This shouldn't be a barrier at all. The rendering system a component uses
should be an entirely encapsulated implementation detail of the component.
Components should absolutely not have to use the same template system to be
used together.

This is something web components get very, very correct.

> Web components are nearly useless without having a story for reactive
> rendering

There are libraries that address just that specific need, like lit-html which
I maintain. Again, it's an implementation detail of the component.

> What we need is a browser standard for templated/reactive rendering of DOM
> content (data + template = DOM)

While rendering should be an implementation detail, I still agree with you
here, simply because templating is such a universal need that the platform
should provide some primitives to help developers.

The current best proposal in this area is Template Instantiation:
[https://github.com/w3c/webcomponents/blob/gh-
pages/proposals...](https://github.com/w3c/webcomponents/blob/gh-
pages/proposals/Template-Instantiation.md)

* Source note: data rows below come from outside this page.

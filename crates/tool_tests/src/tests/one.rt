ghost use Rattle.disk_model.specs.MemDisk.{state_in};
ghost use Rattle.disk_theory.specs.Sound.{IsQuiet};

use super::*;
use std::test::Fail;

const DOOM: &str = "1001 doom :https://example.com/";

const DOOM_TWICE: [Row<'static>; 6] = [
    (DOOM, b"", Status::Done, b"ok\n"),
    (DOOM, b"", Status::No, ABSENT),
    ("1001 doom x", b"", Status::No, b"bad key\n"),
    ("1002 evict 0", b"", Status::Done, b"evicted 0\n"),
    ("1003 flush", b"", Status::Done, b"ok\n"),
    ("1004 rebuild", b"", Status::Done, b"rebuilt 0\n"),
];

#[test]
fn a_doomed_entry_is_gone(rt: HostRuntime) -> Result<(), Fail> {
    assert!(rt; rows_turn(rt.alloc(), KEY, Some(FILE), &DOOM_TWICE, None)?);
    Ok(())
}

const NEITHER_FOUND_NOR_DOOMED: [Row<'static>; 2] = [
    (GET, b"", Status::No, ABSENT),
    (DOOM, b"", Status::No, ABSENT),
];

// A file that is no entry stands, and files of doomed entries that an earlier run left.
fn unfit_stays_and_doomed_go(alloc: Global, disk: &mut MemDisk) -> Result<bool, Fail>
    requires { IsQuiet (state_in disk.old) }
{
    put_file(alloc, disk, place_of(KEY), b"hello")?;
    put_file(alloc, disk, Place::Doomed(0), FILE)?;
    put_file(alloc, disk, Place::Doomed(4_294_967_295), b"")?;
    let stays = rows_leave(alloc, disk, &NEITHER_FOUND_NOR_DOOMED, KEY, Some(b"hello"))?;
    Ok(
        stays
            && disk.file(&Place::Doomed(0)).is_none()
            && disk.file(&Place::Doomed(4_294_967_295)).is_none(),
    )
}

// A file that fits under no name is no entry: it is neither found nor doomed, and it stays. Files of doomed entries
// that an earlier run left are removed.
#[test]
fn unfit_files_stay_and_doomed_files_go(rt: HostRuntime) -> Result<(), Fail> {
    let mut disk = MemDisk::new(rt.alloc());
    assert!(rt; unfit_stays_and_doomed_go(rt.alloc(), &mut disk)?);
    Ok(())
}

const COUNT: [Row<'static>; 4] = [
    ("1000 list", b"", Status::Done, b"records 0\n"),
    ("1000 rebuild", b"", Status::Done, b"rebuilt 0\n"),
    (PUT, b"hello", Status::Done, b"ok\n"),
    ("1000 rebuild", b"", Status::Done, b"rebuilt 1\n"),
];

#[test]
fn records_are_counted(rt: HostRuntime) -> Result<(), Fail> {
    assert!(rt; rows_turn(rt.alloc(), KEY, None, &COUNT, Some(FILE))?);
    Ok(())
}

The main idea is that it lets you mark up a <template> with references that
will be cloned along with the template contents. These references can then be
used to dynamically update the cloned instance. You can accelerate most
template systems with these primitives. It's critical because the DOM doesn't
have any other way to clone a chunk of DOM along with references to specific
nodes in that tree without manually walking the clone's tree.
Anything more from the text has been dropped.